### DIRECTIONS FOR THIS TASK
Take the listing below and reproduce it in full. Change nothing.

### THE RECORDS

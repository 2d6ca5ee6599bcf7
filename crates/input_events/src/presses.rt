// Which press an event concerns, what becomes of that press, and which panel receives it.
ghost use Rattle.std.specs.Prelude.{◌≡◌};
ghost use Rattle.lists.specs.Lists.{first};
ghost use Rattle.lists.specs.Tables.{entries_of};
ghost use Rattle.records.specs.Traces.{deliveries as state_deliveries};
ghost use Rattle.input_events.specs.Presses.{pointer_of, pointer_press, key_press, press_in, press_of, pointer_effect, key_effect, gamepad_effect, effect_in, effect_of, is_unobserved, delivery_surface, receiver_of};

use crate::event::{
    GamepadInput, KeyInput, KeyPhase, PlatformInputEvent, PlatformInputPayload, PointerPhase,
};
use handles::GenerationalHandle;
use maps::keys::{BindingKey, CompositionPointerId, DeviceKey, InputDeviceId};
use records::trace::{Deliveries, InputDelivery};

// What an accepted event does to a press. Only an event with a receiver opens one.
#[derive(Clone, Copy, PartialEq, Eq)]
pub enum Effect {
    Opens(BindingKey),
    Ends(BindingKey),
    Nothing,
}

// The pointer of a contact of a device.
pub fn pointer_of(device: InputDeviceId, contact: u32) -> CompositionPointerId
    ensures { result ≡ pointer_of device contact }
{
    CompositionPointerId {
        device: device.value,
        device_generation: device.generation,
        contact,
    }
}

fn pointer_press(device: InputDeviceId, contact: u32) -> BindingKey
    ensures { result ≡ pointer_press device contact }
{
    BindingKey::Pointer(pointer_of(device, contact))
}

fn key_press(device: InputDeviceId, physical_key: u32) -> BindingKey
    ensures { result ≡ key_press device physical_key }
{
    BindingKey::Key(DeviceKey {
        device,
        physical_key,
    })
}

#[tactic(auto, unfolding(crate::specs::Presses::press_in))]
fn press_in(device: InputDeviceId, payload: PlatformInputPayload) -> Option<BindingKey>
    ensures { result ≡ press_in device payload }
{
    match payload {
        PlatformInputPayload::Pointer(pointer) => Some(pointer_press(device, pointer.contact)),
        PlatformInputPayload::Key(key) => Some(key_press(device, key.physical_key)),
        PlatformInputPayload::GamepadSnapshot(_) => Some(BindingKey::Gamepad(device)),
        PlatformInputPayload::Wheel(_)
        | PlatformInputPayload::Shortcut(_)
        | PlatformInputPayload::Text(_)
        | PlatformInputPayload::Composition(_)
        | PlatformInputPayload::FocusChanged(_)
        | PlatformInputPayload::VisibilityChanged(_)
        | PlatformInputPayload::DeviceDisconnected => None,
    }
}

// The press that an event concerns.
pub fn press_of(event: PlatformInputEvent) -> Option<BindingKey>
    ensures { result ≡ press_of event }
{
    press_in(event.header.device, event.payload)
}

fn pointer_effect(phase: PointerPhase, press: BindingKey) -> Effect
    ensures { result ≡ pointer_effect phase press }
{
    match phase {
        PointerPhase::Down => Effect::Opens(press),
        PointerPhase::Move => Effect::Nothing,
        PointerPhase::Up | PointerPhase::Cancel => Effect::Ends(press),
    }
}

fn key_effect(key: KeyInput, press: BindingKey) -> Effect
    ensures { result ≡ key_effect key.phase key.repeat press }
{
    match key.phase {
        KeyPhase::Down if key.repeat => Effect::Nothing,
        KeyPhase::Down => Effect::Opens(press),
        KeyPhase::Up => Effect::Ends(press),
    }
}

fn gamepad_effect(gamepad: GamepadInput, press: BindingKey) -> Effect
    ensures { result ≡ gamepad_effect gamepad.connected press }
{
    if gamepad.connected {
        Effect::Opens(press)
    } else {
        Effect::Ends(press)
    }
}

#[tactic(auto, unfolding(crate::specs::Presses::effect_in))]
fn effect_in(device: InputDeviceId, payload: PlatformInputPayload) -> Effect
    ensures { result ≡ effect_in device payload }
{
    match payload {
        PlatformInputPayload::Pointer(pointer) => {
            pointer_effect(pointer.phase, pointer_press(device, pointer.contact))
        }
        PlatformInputPayload::Key(key) => key_effect(key, key_press(device, key.physical_key)),
        PlatformInputPayload::GamepadSnapshot(gamepad) => {
            gamepad_effect(gamepad, BindingKey::Gamepad(device))
        }
        PlatformInputPayload::Wheel(_)
        | PlatformInputPayload::Shortcut(_)
        | PlatformInputPayload::Text(_)
        | PlatformInputPayload::Composition(_)
        | PlatformInputPayload::FocusChanged(_)
        | PlatformInputPayload::VisibilityChanged(_)
        | PlatformInputPayload::DeviceDisconnected => Effect::Nothing,
    }
}

// What an event does to its press, once it is arbitrated.
pub fn effect_of(event: PlatformInputEvent) -> Effect
    ensures { result ≡ effect_of event }
{
    effect_in(event.header.device, event.payload)
}

fn unobserved(deliveries: &[InputDelivery]) -> Option<InputDelivery>
    ensures { result ≡ first is_unobserved deliveries.now }
{
    deliveries
        .iter()
        .copied()
        .find(|delivery| !delivery.observed)
}

fn first_unobserved(deliveries: Deliveries) -> Option<GenerationalHandle>
    ensures { result ≡ delivery_surface (first is_unobserved (entries_of state_deliveries deliveries)) }
{
    unobserved(deliveries.entries()).map(|delivery| delivery.surface)
}

// The panel that receives an arbitrated event: its consumer, else the first that it was delivered to unobserved.
#[tactic(auto, unfolding(crate::specs::Presses::receiver_of))]
pub fn receiver(
    consumed_by: Option<GenerationalHandle>,
    deliveries: Deliveries,
) -> Option<GenerationalHandle>
    ensures { result ≡ receiver_of consumed_by deliveries }
{
    consumed_by.or_else(|| first_unobserved(deliveries))
}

### RESULT OF THE EXERCISE
repository 2d6ca5ee6599bcf7
filename crates/input_events/src/presses.rt
// Which press an event concerns, what becomes of that press, and which panel receives it.
ghost use Rattle.std.specs.Prelude.{◌≡◌};
ghost use Rattle.lists.specs.Lists.{first};
ghost use Rattle.lists.specs.Tables.{entries_of};
ghost use Rattle.records.specs.Traces.{deliveries as state_deliveries};
ghost use Rattle.input_events.specs.Presses.{pointer_of, pointer_press, key_press, press_in, press_of, pointer_effect, key_effect, gamepad_effect, effect_in, effect_of, is_unobserved, delivery_surface, receiver_of};

use crate::event::{
    GamepadInput, KeyInput, KeyPhase, PlatformInputEvent, PlatformInputPayload, PointerPhase,
};
use handles::GenerationalHandle;
use maps::keys::{BindingKey, CompositionPointerId, DeviceKey, InputDeviceId};
use records::trace::{Deliveries, InputDelivery};

// What an accepted event does to a press. Only an event with a receiver opens one.
#[derive(Clone, Copy, PartialEq, Eq)]
pub enum Effect {
    Opens(BindingKey),
    Ends(BindingKey),
    Nothing,
}

// The pointer of a contact of a device.
pub fn pointer_of(device: InputDeviceId, contact: u32) -> CompositionPointerId
    ensures { result ≡ pointer_of device contact }
{
    CompositionPointerId {
        device: device.value,
        device_generation: device.generation,
        contact,
    }
}

fn pointer_press(device: InputDeviceId, contact: u32) -> BindingKey
    ensures { result ≡ pointer_press device contact }
{
    BindingKey::Pointer(pointer_of(device, contact))
}

fn key_press(device: InputDeviceId, physical_key: u32) -> BindingKey
    ensures { result ≡ key_press device physical_key }
{
    BindingKey::Key(DeviceKey {
        device,
        physical_key,
    })
}

#[tactic(auto, unfolding(crate::specs::Presses::press_in))]
fn press_in(device: InputDeviceId, payload: PlatformInputPayload) -> Option<BindingKey>
    ensures { result ≡ press_in device payload }
{
    match payload {
        PlatformInputPayload::Pointer(pointer) => Some(pointer_press(device, pointer.contact)),
        PlatformInputPayload::Key(key) => Some(key_press(device, key.physical_key)),
        PlatformInputPayload::GamepadSnapshot(_) => Some(BindingKey::Gamepad(device)),
        PlatformInputPayload::Wheel(_)
        | PlatformInputPayload::Shortcut(_)
        | PlatformInputPayload::Text(_)
        | PlatformInputPayload::Composition(_)
        | PlatformInputPayload::FocusChanged(_)
        | PlatformInputPayload::VisibilityChanged(_)
        | PlatformInputPayload::DeviceDisconnected => None,
    }
}

// The press that an event concerns.
pub fn press_of(event: PlatformInputEvent) -> Option<BindingKey>
    ensures { result ≡ press_of event }
{
    press_in(event.header.device, event.payload)
}

fn pointer_effect(phase: PointerPhase, press: BindingKey) -> Effect
    ensures { result ≡ pointer_effect phase press }
{
    match phase {
        PointerPhase::Down => Effect::Opens(press),
        PointerPhase::Move => Effect::Nothing,
        PointerPhase::Up | PointerPhase::Cancel => Effect::Ends(press),
    }
}

fn key_effect(key: KeyInput, press: BindingKey) -> Effect
    ensures { result ≡ key_effect key.phase key.repeat press }
{
    match key.phase {
        KeyPhase::Down if key.repeat => Effect::Nothing,
        KeyPhase::Down => Effect::Opens(press),
        KeyPhase::Up => Effect::Ends(press),
    }
}

fn gamepad_effect(gamepad: GamepadInput, press: BindingKey) -> Effect
    ensures { result ≡ gamepad_effect gamepad.connected press }
{
    if gamepad.connected {
        Effect::Opens(press)
    } else {
        Effect::Ends(press)
    }
}

#[tactic(auto, unfolding(crate::specs::Presses::effect_in))]
fn effect_in(device: InputDeviceId, payload: PlatformInputPayload) -> Effect
    ensures { result ≡ effect_in device payload }
{
    match payload {
        PlatformInputPayload::Pointer(pointer) => {
            pointer_effect(pointer.phase, pointer_press(device, pointer.contact))
        }
        PlatformInputPayload::Key(key) => key_effect(key, key_press(device, key.physical_key)),
        PlatformInputPayload::GamepadSnapshot(gamepad) => {
            gamepad_effect(gamepad, BindingKey::Gamepad(device))
        }
        PlatformInputPayload::Wheel(_)
        | PlatformInputPayload::Shortcut(_)
        | PlatformInputPayload::Text(_)
        | PlatformInputPayload::Composition(_)
        | PlatformInputPayload::FocusChanged(_)
        | PlatformInputPayload::VisibilityChanged(_)
        | PlatformInputPayload::DeviceDisconnected => Effect::Nothing,
    }
}

// What an event does to its press, once it is arbitrated.
pub fn effect_of(event: PlatformInputEvent) -> Effect
    ensures { result ≡ effect_of event }
{
    effect_in(event.header.device, event.payload)
}

fn unobserved(deliveries: &[InputDelivery]) -> Option<InputDelivery>
    ensures { result ≡ first is_unobserved deliveries.now }
{
    deliveries
        .iter()
        .copied()
        .find(|delivery| !delivery.observed)
}

fn first_unobserved(deliveries: Deliveries) -> Option<GenerationalHandle>
    ensures { result ≡ delivery_surface (first is_unobserved (entries_of state_deliveries deliveries)) }
{
    unobserved(deliveries.entries()).map(|delivery| delivery.surface)
}

// The panel that receives an arbitrated event: its consumer, else the first that it was delivered to unobserved.
#[tactic(auto, unfolding(crate::specs::Presses::receiver_of))]
pub fn receiver(
    consumed_by: Option<GenerationalHandle>,
    deliveries: Deliveries,
) -> Option<GenerationalHandle>
    ensures { result ≡ receiver_of consumed_by deliveries }
{
    consumed_by.or_else(|| first_unobserved(deliveries))
}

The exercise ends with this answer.